In this debut novel, a freethinker dredges up ancient magic in the woods outside his cultlike village.
The Barnes Clan is a Christian sect that, like the Amish, eschews industrial technology. The Clan members embrace an 18th-century frontier settlement lifestyle in the Blue Ridge Mountains of Virginia, led by their fire-and-brimstone pastor, Father Andrew. Alex was an orphan discovered in the nearby forest as a baby. Though he grew up as an adopted member of the Clan, he’s always been a freethinker, reading as much as he could and scribbling his nonconformist ideas about God in his notebooks. This, coupled with his mysterious origins, makes him a figure of suspicion to many in the community. Alex has developed feelings for Miranda, one of the attractive young women who work for Father Andrew.
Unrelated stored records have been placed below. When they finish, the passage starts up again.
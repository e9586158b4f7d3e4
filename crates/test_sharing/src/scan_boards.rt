//! Scan boards: seats whose workers take their steps in turn, two threads of the caller's own, and a worker that stands still.

ghost use Rattle.boards.specs.Boards.{IsSeatOf};

use crate::counter::Counter;
use crate::crews::are_summed;
use crate::tiles::CountedTiles;
use boards::{Back, Claim, ScanBoard, ScanSeat};
use cvl_base::monoids::Add;
use cvl_base::{Config, Memory, NoResources};
use refusing_memory::Refusing;
use sharing::all_workers;
use status_word::Status;
use std::test::Fail;
use std::thread::{Threads, join_mut};

/// Whether a look-back answered this sum, without a start, after so many looks.
fn is_back(back: Back<i32>, sum: i32, looks: u32) -> bool {
    back.before == (false, sum) && back.looks == looks
}

/// Whether each answer of two workers over tiles of 3, 1, 7 and 0 is the one worked out by hand. What one tells of a tile, the
/// other one sees, and no prefix is taken back. If something is told of a tile, it is not added up.
pub fn answers_by_hand<A: Memory>(alloc: A) -> Result<bool, NoResources> {
    let counter = Counter::new(0);
    let tiles = CountedTiles::new(&[3, 1, 7, 0], &counter);
    let (board, mut seats) = ScanBoard::new(alloc, tiles, 2)?;
    let (Some(mut second), Some(mut first)) = (seats.pop(), seats.pop()) else {
        return Ok(false);
    };
    let back = board.look_back(&mut first, 2);
    board.tell_prefix(&mut first, 2, back.before);
    let told = board.look(&mut first, 2);
    board.tell_sum(&mut second, 2);
    let kept = board.look(&mut first, 2);
    let sum = board.look(&mut second, 0);
    let before = counter.count();
    let onward = board.look_back(&mut second, 3);
    let again = board.look_back(&mut second, 2);
    let are_seen = told == Status::Prefix(false, 11)
        && kept == told
        && sum == Status::Sum(false, 3);
    let are_backs = is_back(back, 4, 2) && is_back(onward, 11, 1) && is_back(again, 4, 2);
    Ok(are_seen && are_backs && counter.count() == before)
}

/// How many tiles there are for threads, of a 1 each.
const TILES: usize = 1_000;

/// How often a worker claims: for each tile, and 1,000 times and more after it was told that none is left.
const CLAIMS: u32 = 2_001;

/// One worker's part: it claims tiles, and tells the sum and the prefix of each. Returns whether each look-back was right, and
/// each claim after the answer that no tile is left got it again.
fn work<A: Memory>(board: &ScanBoard<CountedTiles<'_>, A>, seat: &mut ScanSeat<Add>) -> bool
    requires { IsSeatOf board.now seat.old }
    ensures { IsSeatOf board.now seat.new }
{
    let mut right = true;
    let mut done = false;
    for _claim in 0..CLAIMS {
        if let Claim::Tile(t) = board.claim(seat) {
            board.tell_sum(seat, t);
            let back = board.look_back(seat, t);
            board.tell_prefix(seat, t, back.before);
            right &= !done && i64::from(back.before.1) == i64::from(t);
        } else {
            done = true;
        }
    }
    right && done
}

/// Two workers' parts, each in a thread of its own, and whether both are right.
fn in_two_threads<R: Threads + Sync, A: Memory>(
    rt: &R,
    board: &ScanBoard<CountedTiles<'_>, A>,
    first: &mut ScanSeat<Add>,
    second: &mut ScanSeat<Add>,
) -> bool
    requires first { IsSeatOf board.now first.old }
    requires second { IsSeatOf board.now second.old }
    ensures first { IsSeatOf board.now first.new }
    ensures second { IsSeatOf board.now second.new }
{
    let mut first_half = || -> bool
        requires { IsSeatOf board.now first.now }
        ensures { IsSeatOf board.entry.now first.exit.now }
    { work(board, first) };
    let mut second_half = || -> bool
        requires { IsSeatOf board.now second.now }
        ensures { IsSeatOf board.entry.now second.exit.now }
    { work(board, second) };
    let (first_right, second_right) = join_mut(rt, &mut first_half, &mut second_half);
    first_right && second_right
}

/// How many tiles two workers, each in a thread of its own, were given beside a third one, which claims once and stops for ever
/// or never claims; and whether both are right.
fn by_two_threads<R: Threads + Sync, A: Memory>(
    rt: &R,
    alloc: A,
    counter: &Counter,
    stops: bool,
) -> Result<(u32, bool), NoResources> {
    let ones = [1; TILES];
    let tiles = CountedTiles::new(ones.as_slice(), counter);
    let (board, mut seats) = ScanBoard::new(alloc, tiles, 3)?;
    let (Some(mut third), Some(mut second), Some(mut first)) = (
        seats.pop(),
        seats.pop(),
        seats.pop(),
    ) else {
        return Ok((0, false));
    };
    if stops {
        let _claim = board.claim(&mut third);
    }
    let right = in_two_threads(rt, &board, &mut first, &mut second);
    let mut seats = Vec::with_capacity(alloc, 3)?;
    seats.push_reserved(first);
    seats.push_reserved(second);
    seats.push_reserved(third);
    Ok((board.close(seats).given, right))
}

/// Beside a worker that has stopped, twenty times; and beside one that never claims, while a worker stands still inside a call of
/// the board. That one holds up no other: the other one is given all other tiles, each of which is added up once for its sum and
/// once for its prefix. And on a board without tiles each of 64 seats is told so at once.
#[test]
fn workers_in_threads(rt: HostRuntime) -> Result<(), Fail> {
    let heap = Refusing::none(rt.alloc());
    for _ in 0..20 {
        let told = by_two_threads(&rt, &heap, &Counter::new(0), true);
        assert_eq!(rt; told, Ok((1000, true)));
    }
    let counter = Counter::new(1 + 2 * 999);
    let told = by_two_threads(&rt, &heap, &counter, false);
    assert_eq!(rt; told, Ok((1000, true)));
    assert!(rt; !counter.is_overdue());
    assert!(rt; are_summed(&rt, &heap, all_workers(Config::new(1, 64)?), 0)?);
    Ok(())
}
But the pastor’s daughter, Libby, has her eyes on Alex and is willing to exploit her connections to get her way. As Alex navigates the religious and romantic politics of the Clan, his investigations of a cave in the woods lead him to ancient Indigenous practices regarding the worship of a deity known as the Forest King. Will his search lead Alex to deeper knowledge, or has he unlocked something that will shatter his life forever? Jameson’s premise is a fun one, and it escalates to progressively weirder levels as things go along. Unfortunately, the author rarely writes scenes, preferring to tell the tale as present-tense exposition. The result reads like a TV series about Bible stories: “In her mid-twenties like Libby, Delaney’s not only beautiful and sultrily curvaceous, but may be the most capable of all the young women, qualities which have captured the eye of all the men, granting her the power to match.” The sedate prose undercuts the deeper philosophical ideas that Jameson is grappling with, and the story never becomes fully immersive. It’s a shame since readers will easily imagine a more dynamic and dramatic version of the novel.
An imaginative but uneven tale about a claustrophobic religious community.